When you have a value like this, you can query it for whether or not a given value is set by using the AND operator:
flags & ITEM_SUMMARY
This will result in:
0000 0000 0000 0100
…which is the same as the value of ITEM_SUMMARY
itself, since that one slot is the only bit in common. Conversely, if you check:
flags & ITEM_PROTECTED
…you'll end up with zero, since the flag doesn't match.
Use in Java
Most of the time, you don't have to think too much about the bits that make up numbers in Java, but they creep up from time to time.
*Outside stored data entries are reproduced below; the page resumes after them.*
ghost use Rattle.std.specs.Prelude.{◌≡◌, ℕ, List, IfOk, IsTrue};
ghost use Rattle.std.specs.List.{list_all};
ghost use Rattle.heap_core.specs.declared.value.Value.{Value};
ghost use Rattle.heap_core.specs.declared.value.Seen.{Seen};
ghost use Rattle.heap_core.specs.Outcomes.{with_value};
ghost use Rattle.heap_core.specs.Eval.{Env, has as has_lem, size as size_lem};
ghost use Rattle.heap_core.specs.Posed.{Posed};
ghost use Rattle.rel_core.specs.Reading.{Reading};
ghost use Rattle.rel_core.specs.Meaning.{objects_only, reached_from, set_of};
ghost use Rattle.rel_core.specs.Uses.{Kinds, AsSet, is_sorted_set, is_spread};
ghost use Rattle.clause_terms.specs.declared.term.Shape.TheVariants.{Set as set_shape};
ghost use Rattle.clause_terms.specs.Terms.{HasValue, IsSortedTerm, Tells, is_sorted_shape};
ghost use Rattle.clause_terms.specs.Reaching.{LeadAlike};

use crate::after::after;
use crate::term::{Shape, Term};
use no_memory::NoMemory;
use rel_core::{Formula, NumExpr, RelExpr, RelVar};
use sqlite_items::{Boxed, Items};
use std::alloc::Global;

/// The objects that are reached from those of a set.
fn reached(
    alloc: Global,
    root: Boxed<RelExpr>,
    relations: &[RelVar],
) -> Result<Boxed<RelExpr>, NoMemory>
    ensures meaning { IfOk result (λ e. (m : Reading) → set_of e m ≡ objects_only (reached_from m relations.now (set_of root m))) }
    ensures sorted { IfOk result (λ e. (p : Posed) (kinds : Kinds) → IsTrue (is_sorted_set p kinds root) → IsTrue (list_all (is_spread p kinds AsSet) relations.now)
        → IsTrue (is_sorted_set p kinds e)) }
{
    let copied = Items::from_slice(alloc, relations)?;
    let all = RelExpr::reach(alloc, root, copied)?;
    Ok(all)
}

/// Whether a reference is among the objects that are reached from another.
fn has_reference(
    alloc: Global,
    root: Boxed<RelExpr>,
    relations: &[RelVar],
    member: Boxed<RelExpr>,
) -> Result<Term, NoMemory>
    ensures told { IfOk result (λ r. (m : Reading) (env : Env) (fields : List ℕ) (v u : Value) → LeadAlike m relations.now env fields → HasValue m (set_shape root) v
        → HasValue m (set_shape member) u → Tells (has_lem env fields v u) r m) }
    ensures sorted { IfOk result (λ r. (p : Posed) (kinds : Kinds) → IsTrue (is_sorted_set p kinds root) → IsTrue (list_all (is_spread p kinds AsSet) relations.now)
        → IsTrue (is_sorted_set p kinds member) → IsSortedTerm p kinds r) }
{
    let all = reached(alloc, root, relations)?;
    let within = Formula::subset(alloc, member, all)?;
    let term = Term::sure(alloc, Shape::Truth(within))?;
    Ok(term)
}

/// Whether a value is among the objects that are reached from a reference.
fn has_member(
    alloc: Global,
    root: Boxed<RelExpr>,
    relations: &[RelVar],
    member: Shape,
) -> Result<Term, NoMemory>
    ensures told { IfOk result (λ r. (m : Reading) (env : Env) (fields : List ℕ) (v u : Value) → LeadAlike m relations.now env fields → HasValue m (set_shape root) v → HasValue m member u
        → Tells (has_lem env fields v u) r m) }
    ensures sorted { IfOk result (λ r. (p : Posed) (kinds : Kinds) → IsTrue (is_sorted_set p kinds root) → IsTrue (list_all (is_spread p kinds AsSet) relations.now)
        → IsTrue (is_sorted_shape p kinds member) → IsSortedTerm p kinds r) }
{
    match member {
        Shape::Set(member) => {
            let term = has_reference(alloc, root, relations, member)?;
            Ok(term)
        }
        Shape::Number(_) => {
            let term = Term::missing(alloc)?;
            Ok(term)
        }
        Shape::Truth(_) => {
            let term = Term::missing(alloc)?;
            Ok(term)
        }
    }
}

/// Whether a value is among the objects that are reached from a value.
fn has_value(
    alloc: Global,
    root: Shape,
    relations: &[RelVar],
    member: Shape,
) -> Result<Term, NoMemory>
    ensures told { IfOk result (λ r. (m : Reading) (env : Env) (fields : List ℕ) (v u : Value) → LeadAlike m relations.now env fields → HasValue m root v → HasValue m member u
        → Tells (has_lem env fields v u) r m) }
    ensures sorted { IfOk result (λ r. (p : Posed) (kinds : Kinds) → IsTrue (is_sorted_shape p kinds root) → IsTrue (list_all (is_spread p kinds AsSet) relations.now)
        → IsTrue (is_sorted_shape p kinds member) → IsSortedTerm p kinds r) }
{
    match root {
        Shape::Set(root) => {
            let term = has_member(alloc, root, relations, member)?;
            Ok(term)
        }
        Shape::Number(_) => {
            let term = Term::missing(alloc)?;
            Ok(term)
        }
        Shape::Truth(_) => {
            let term = Term::missing(alloc)?;
            Ok(term)
        }
    }
}

/// How many objects are reached from a reference.
fn size_of_reference(
    alloc: Global,
    root: Boxed<RelExpr>,
    relations: &[RelVar],
) -> Result<Term, NoMemory>
    ensures told { IfOk result (λ r. (m : Reading) (env : Env) (fields : List ℕ) (v : Value) → LeadAlike m relations.now env fields → HasValue m (set_shape root) v
        → Tells (size_lem env fields v) r m) }
    ensures sorted { IfOk result (λ r. (p : Posed) (kinds : Kinds) → IsTrue (is_sorted_set p kinds root) → IsTrue (list_all (is_spread p kinds AsSet) relations.now) → IsSortedTerm p kinds r) }
{
    let all = reached(alloc, root, relations)?;
    let count = NumExpr::count(alloc, all)?;
    let term = Term::number(alloc, count)?;
    Ok(term)
}

/// How many objects are reached from a value.
fn size_of_value(alloc: Global, root: Shape, relations: &[RelVar]) -> Result<Term, NoMemory>
    ensures told { IfOk result (λ r. (m : Reading) (env : Env) (fields : List ℕ) (v : Value) → LeadAlike m relations.now env fields → HasValue m root v → Tells (size_lem env fields v) r m) }
    ensures sorted { IfOk result (λ r. (p : Posed) (kinds : Kinds) → IsTrue (is_sorted_shape p kinds root) → IsTrue (list_all (is_spread p kinds AsSet) relations.now) → IsSortedTerm p kinds r) }
{
    match root {
        Shape::Set(root) => {
            let term = size_of_reference(alloc, root, relations)?;
            Ok(term)
        }
        Shape::Number(_) => {
            let term = Term::missing(alloc)?;
            Ok(term)
        }
        Shape::Truth(_) => {
            let term = Term::missing(alloc)?;
            Ok(term)
        }
    }
}

impl Term {
    /// `\reach(root, ..).has(member)`, along relations that lead where the fields do.
    pub fn has(
        alloc: Global,
        root: Term,
        relations: &[RelVar],
        member: Term,
    ) -> Result<Term, NoMemory>
        ensures told { IfOk result (λ r. (m : Reading) (env : Env) (fields : List ℕ) (x y : Seen) → LeadAlike m relations.now env fields → Tells x root m → Tells y member m
            → Tells (with_value x (λ v. with_value y (has_lem env fields v))) r m) }
        ensures sorted { IfOk result (λ r. (p : Posed) (kinds : Kinds) → IsSortedTerm p kinds root → IsTrue (list_all (is_spread p kinds AsSet) relations.now) → IsSortedTerm p kinds member
            → IsSortedTerm p kinds r) }
    {
        let Term {
            value,
            fine,
            inside,
        } = root;
        let Term {
            value: member_value,
            fine: member_fine,
            inside: member_inside,
        } = member;
        let made = has_value(alloc, value, relations, member_value)?;
        let then = after(alloc, member_fine, member_inside, made)?;
        let term = after(alloc, fine, inside, then)?;
        Ok(term)
    }

    /// `\reach(root, ..).int_size()`, likewise. Out where it leaves the bits.
    pub fn size(alloc: Global, root: Term, relations: &[RelVar]) -> Result<Term, NoMemory>
        ensures told { IfOk result (λ r. (m : Reading) (env : Env) (fields : List ℕ) (x : Seen) → LeadAlike m relations.now env fields → Tells x root m
            → Tells (with_value x (size_lem env fields)) r m) }
        ensures sorted { IfOk result (λ r. (p : Posed) (kinds : Kinds) → IsSortedTerm p kinds root → IsTrue (list_all (is_spread p kinds AsSet) relations.now) → IsSortedTerm p kinds r) }
    {
        let Term {
            value,
            fine,
            inside,
        } = root;
        let then = size_of_value(alloc, value, relations)?;
        let term = after(alloc, fine, inside, then)?;
        Ok(term)
    }
}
Generally, the main situations where they arise are when you're dealing with a low-level API or with code written by someone who spent a lot of time with C and deeply internalized its efficiencies.
For an example of the former, take a look at the com.ibm.designer.domino.napi.NotesNoteItem
class in IBM's NAPI. It contained a method called int getFlags()
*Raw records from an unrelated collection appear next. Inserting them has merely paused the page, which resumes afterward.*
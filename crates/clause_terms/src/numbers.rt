ghost use Rattle.std.specs.Prelude.{◌≡◌, IfOk, IsTrue};
ghost use Rattle.taco_unit.specs.declared.expr.Op.TheVariants as o;
ghost use Rattle.heap_core.specs.declared.value.Value.{Value};
ghost use Rattle.heap_core.specs.Outcomes.{negative, operated};
ghost use Rattle.heap_core.specs.Posed.{Posed};
ghost use Rattle.rel_core.specs.Reading.{Reading};
ghost use Rattle.rel_core.specs.Uses.{Kinds, is_sorted_number};
ghost use Rattle.clause_terms.specs.declared.term.Shape.TheVariants.{Number as number_shape};
ghost use Rattle.clause_terms.specs.Terms.{HasValue, IsSortedTerm, Tells};

use crate::term::{Shape, Term};
use no_memory::NoMemory;
use rel_core::{Formula, NumExpr};
use sqlite_items::Boxed;
use std::alloc::Global;
use taco_unit::Op;

/// The number with the other sign.
pub(crate) fn negated(alloc: Global, number: Boxed<NumExpr>) -> Result<Term, NoMemory>
    ensures told { IfOk result (λ r. (m : Reading) (v : Value) → HasValue m (number_shape number) v → Tells (negative m.ints v) r m) }
    ensures sorted { IfOk result (λ r. (p : Posed) (kinds : Kinds) → IsTrue (is_sorted_number p kinds number) → IsSortedTerm p kinds r) }
{
    let zero = NumExpr::constant(alloc, 0)?;
    let made = NumExpr::difference(alloc, zero, number)?;
    let term = Term::number(alloc, made)?;
    Ok(term)
}

fn sum(alloc: Global, x: Boxed<NumExpr>, y: Boxed<NumExpr>) -> Result<Term, NoMemory>
    ensures told { IfOk result (λ r. (m : Reading) (v u : Value) → HasValue m (number_shape x) v → HasValue m (number_shape y) u → Tells (operated o.Add m.ints v u) r m) }
    ensures sorted { IfOk result (λ r. (p : Posed) (kinds : Kinds) → IsTrue (is_sorted_number p kinds x) → IsTrue (is_sorted_number p kinds y) → IsSortedTerm p kinds r) }
{
    let made = NumExpr::sum(alloc, x, y)?;
    let term = Term::number(alloc, made)?;
    Ok(term)
}

fn difference(alloc: Global, x: Boxed<NumExpr>, y: Boxed<NumExpr>) -> Result<Term, NoMemory>
    ensures told { IfOk result (λ r. (m : Reading) (v u : Value) → HasValue m (number_shape x) v → HasValue m (number_shape y) u → Tells (operated o.Sub m.ints v u) r m) }
    ensures sorted { IfOk result (λ r. (p : Posed) (kinds : Kinds) → IsTrue (is_sorted_number p kinds x) → IsTrue (is_sorted_number p kinds y) → IsSortedTerm p kinds r) }
{
    let made = NumExpr::difference(alloc, x, y)?;
    let term = Term::number(alloc, made)?;
    Ok(term)
}

fn product(alloc: Global, x: Boxed<NumExpr>, y: Boxed<NumExpr>) -> Result<Term, NoMemory>
    ensures told { IfOk result (λ r. (m : Reading) (v u : Value) → HasValue m (number_shape x) v → HasValue m (number_shape y) u → Tells (operated o.Mul m.ints v u) r m) }
    ensures sorted { IfOk result (λ r. (p : Posed) (kinds : Kinds) → IsTrue (is_sorted_number p kinds x) → IsTrue (is_sorted_number p kinds y) → IsSortedTerm p kinds r) }
{
    let made = NumExpr::product(alloc, x, y)?;
    let term = Term::number(alloc, made)?;
    Ok(term)
}

/// Both numbers are one, or not.
fn equal(alloc: Global, x: Boxed<NumExpr>, y: Boxed<NumExpr>) -> Result<Term, NoMemory>
    ensures told { IfOk result (λ r. (m : Reading) (v u : Value) → HasValue m (number_shape x) v → HasValue m (number_shape y) u → Tells (operated o.Eq m.ints v u) r m) }
    ensures sorted { IfOk result (λ r. (p : Posed) (kinds : Kinds) → IsTrue (is_sorted_number p kinds x) → IsTrue (is_sorted_number p kinds y) → IsSortedTerm p kinds r) }
{
    let same = Formula::same_number(alloc, x, y)?;
    let term = Term::sure(alloc, Shape::Truth(same))?;
    Ok(term)
}

fn unequal(alloc: Global, x: Boxed<NumExpr>, y: Boxed<NumExpr>) -> Result<Term, NoMemory>
    ensures told { IfOk result (λ r. (m : Reading) (v u : Value) → HasValue m (number_shape x) v → HasValue m (number_shape y) u → Tells (operated o.Ne m.ints v u) r m) }
    ensures sorted { IfOk result (λ r. (p : Posed) (kinds : Kinds) → IsTrue (is_sorted_number p kinds x) → IsTrue (is_sorted_number p kinds y) → IsSortedTerm p kinds r) }
{
    let same = Formula::same_number(alloc, x, y)?;
    let other = Formula::not(alloc, same)?;
    let term = Term::sure(alloc, Shape::Truth(other))?;
    Ok(term)
}

/// The first number is below the second, or not.
fn below(alloc: Global, x: Boxed<NumExpr>, y: Boxed<NumExpr>) -> Result<Term, NoMemory>
    ensures told { IfOk result (λ r. (m : Reading) (v u : Value) → HasValue m (number_shape x) v → HasValue m (number_shape y) u → Tells (operated o.Lt m.ints v u) r m) }
    ensures sorted { IfOk result (λ r. (p : Posed) (kinds : Kinds) → IsTrue (is_sorted_number p kinds x) → IsTrue (is_sorted_number p kinds y) → IsSortedTerm p kinds r) }
{
    let less = Formula::below(alloc, x, y)?;
    let term = Term::sure(alloc, Shape::Truth(less))?;
    Ok(term)
}

fn not_below(alloc: Global, x: Boxed<NumExpr>, y: Boxed<NumExpr>) -> Result<Term, NoMemory>
    ensures told { IfOk result (λ r. (m : Reading) (v u : Value) → HasValue m (number_shape x) v → HasValue m (number_shape y) u → Tells (operated o.Ge m.ints v u) r m) }
    ensures sorted { IfOk result (λ r. (p : Posed) (kinds : Kinds) → IsTrue (is_sorted_number p kinds x) → IsTrue (is_sorted_number p kinds y) → IsSortedTerm p kinds r) }
{
    let less = Formula::below(alloc, x, y)?;
    let other = Formula::not(alloc, less)?;
    let term = Term::sure(alloc, Shape::Truth(other))?;
    Ok(term)
}

/// What an operator makes of two numbers.
pub(crate) fn on_numbers(
    alloc: Global,
    op: Op,
    x: Boxed<NumExpr>,
    y: Boxed<NumExpr>,
) -> Result<Term, NoMemory>
    ensures told { IfOk result (λ r. (m : Reading) (v u : Value) → HasValue m (number_shape x) v → HasValue m (number_shape y) u → Tells (operated op m.ints v u) r m) }
    ensures sorted { IfOk result (λ r. (p : Posed) (kinds : Kinds) → IsTrue (is_sorted_number p kinds x) → IsTrue (is_sorted_number p kinds y) → IsSortedTerm p kinds r) }
{
    match op {
        Op::Add => {
            let term = sum(alloc, x, y)?;
            Ok(term)
        }
        Op::Sub => {
            let term = difference(alloc, x, y)?;
            Ok(term)
        }
        Op::Mul => {
            let term = product(alloc, x, y)?;
            Ok(term)
        }
        Op::Eq => {
            let term = equal(alloc, x, y)?;
            Ok(term)
        }
        Op::Ne => {
            let term = unequal(alloc, x, y)?;
            Ok(term)
        }
        Op::Lt => {
            let term = below(alloc, x, y)?;
            Ok(term)
        }
        Op::Le => {
            let term = not_below(alloc, y, x)?;
            Ok(term)
        }
        Op::Gt => {
            let term = below(alloc, y, x)?;
            Ok(term)
        }
        Op::Ge => {
            let term = not_below(alloc, x, y)?;
            Ok(term)
        }
        Op::And => {
            let term = Term::missing(alloc)?;
            Ok(term)
        }
        Op::Or => {
            let term = Term::missing(alloc)?;
            Ok(term)
        }
        Op::Implies => {
            let term = Term::missing(alloc)?;
            Ok(term)
        }
        Op::Iff => {
            let term = Term::missing(alloc)?;
            Ok(term)
        }
    }
}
, which returns exactly the value we were talking about above. If you get your hands on a summary item this way, you can do this to tell if it's a summary item:
(item.getFlags() & 0x0004) != 0
Note the extra != 0
. While the operation involved is the same as in C, C lets you treat any non-zero integer value as a boolean true
, while Java forces you to perform an actual boolean operation.
For an example of the latter, turn your eyes to the DefaultColumnDef
class used in xe:dynamicViewPanel
generation and customization, a snippet of which is:
public static class DefaultColumnDef implements ColumnDef {
public static final int FLAG_HIDDEN = 0x000001;
public static final int FLAG_LINK = 0x000002;
public static final int FLAG_ONCLICK = 0x000004;
public int flags;
public boolean isHidden() {
return (flags&FLAG_HIDDEN)!=0;
}
public boolean isLink() {
return (flags&FLAG_LINK)!=0;
}
public boolean isOnClick() {
return (flags&FLAG_ONCLICK)!=0;
}
}
This could also be represented as a bunch of boolean
properties on the object or, most idiomatically, an EnumSet
, but using a bitmask is slightly more space- and CPU-cycle-efficient. Slightly. The difference isn't enough to even think about normally, but can become worth it in cases where the code is called so often that tiny efficiencies can make a difference.
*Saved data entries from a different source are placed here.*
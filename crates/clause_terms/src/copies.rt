ghost use Rattle.std.specs.Prelude.{◌≡◌, IfOk, IsTrue};
ghost use Rattle.heap_core.specs.Posed.{Posed};
ghost use Rattle.rel_core.specs.Uses.{Kinds, is_sorted, is_sorted_number, is_sorted_set};

use no_memory::NoMemory;
use rel_core::{Formula, NumExpr, RelExpr};
use sqlite_items::Boxed;
use std::alloc::Global;

/// The same set once more.
pub(crate) fn set_copy(alloc: Global, set: &Boxed<RelExpr>) -> Result<Boxed<RelExpr>, NoMemory>
    ensures same { IfOk result (λ r. r ≡ set.now) }
    ensures sorted { IfOk result (λ r. (p : Posed) (kinds : Kinds) → IsTrue (is_sorted_set p kinds set.now) → IsTrue (is_sorted_set p kinds r)) }
{
    let copied = set.get().copy(alloc)?;
    Ok(copied)
}

/// The same number once more.
pub(crate) fn number_copy(
    alloc: Global,
    number: &Boxed<NumExpr>,
) -> Result<Boxed<NumExpr>, NoMemory>
    ensures same { IfOk result (λ r. r ≡ number.now) }
    ensures sorted { IfOk result (λ r. (p : Posed) (kinds : Kinds) → IsTrue (is_sorted_number p kinds number.now) → IsTrue (is_sorted_number p kinds r)) }
{
    let copied = number.get().copy(alloc)?;
    Ok(copied)
}

/// The same formula once more.
pub(crate) fn formula_copy(
    alloc: Global,
    formula: &Boxed<Formula>,
) -> Result<Boxed<Formula>, NoMemory>
    ensures same { IfOk result (λ r. r ≡ formula.now) }
    ensures sorted { IfOk result (λ r. (p : Posed) (kinds : Kinds) → IsTrue (is_sorted p kinds formula.now) → IsTrue (is_sorted p kinds r)) }
{
    let copied = formula.get().copy(alloc)?;
    Ok(copied)
}
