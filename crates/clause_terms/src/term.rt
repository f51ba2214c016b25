use rel_core::{Formula, NumExpr, RelExpr};
use sqlite_items::Boxed;

/// What shows the value that an evaluation gives, where it gives one.
#[derive(Drop)]
pub enum Shape {
    /// A reference: the only one of a set.
    Set(Boxed<RelExpr>),
    /// A number.
    Number(Boxed<NumExpr>),
    /// A truth value: whether a formula holds.
    Truth(Boxed<Formula>),
}

/// What an outcome is shown by.
#[derive(Drop)]
pub struct Term {
    /// The value. It means nothing where there is none.
    pub value: Shape,
    /// Holds exactly where the evaluation gives a value.
    pub fine: Boxed<Formula>,
    /// Holds exactly where the evaluation stays within the scopes.
    pub inside: Boxed<Formula>,
}

/// What an outcome that is taken as a truth value is shown by.
#[derive(Drop)]
pub struct Truth {
    /// Whether it is true. It means nothing where there is no truth value.
    pub value: Boxed<Formula>,
    /// Holds exactly where the evaluation gives a truth value.
    pub fine: Boxed<Formula>,
    /// Holds exactly where the evaluation stays within the scopes, and gives nothing but a truth value.
    pub inside: Boxed<Formula>,
}
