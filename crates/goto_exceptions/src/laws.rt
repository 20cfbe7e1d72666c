// The law of block code.
ghost use Rattle.std.specs.Prelude.{◌≡◌, ℕ, List};
ghost use Rattle.nim_types.specs.declared.types.TypeDef.{TypeDef};
ghost use Rattle.flat_code.specs.declared.block.BlockLine.TheVariants.{Plain};
ghost use Rattle.flat_code.specs.declared.code.Code.{Code};
ghost use Rattle.flat_code.specs.declared.owned.OwnedLine.{OwnedLine};
ghost use Rattle.flat_code.specs.Codes.{owned_meaning, block_meaning, owned_within, block_within, by_lines};

/// Owned code shows, as block code, the same after each number of lines, with the same work, also by
/// units.
pub fn block_codes()
    ensures lines { (table : List TypeDef) (owned : Code OwnedLine) (heap : ℕ) (input : List ℕ) (n : ℕ) →
        block_meaning table (by_lines Plain owned) heap input n
        ≡ owned_meaning table owned heap input n }
    ensures units { (table : List TypeDef) (owned : Code OwnedLine) (units heap : ℕ) (input : List ℕ)
        (n : ℕ) → block_within table (by_lines Plain owned) units heap input n
        ≡ owned_within table owned units heap input n }
{}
This whole topic is the sort of thing that is normally so many layers of abstraction below where we work that it's basically invisible, but it's definitely good to at least know the basics for the times when it does come up.
Ben Langhinrichs - Sat Apr 27 19:53:48 EDT 2019
Well explained. I don't have to deal with this in Java often, because I'm that bozo who works in C all the time and has "deeply internalized its efficiencies". I love it when you explain all this, though, as it is seldom laid out in a clear way.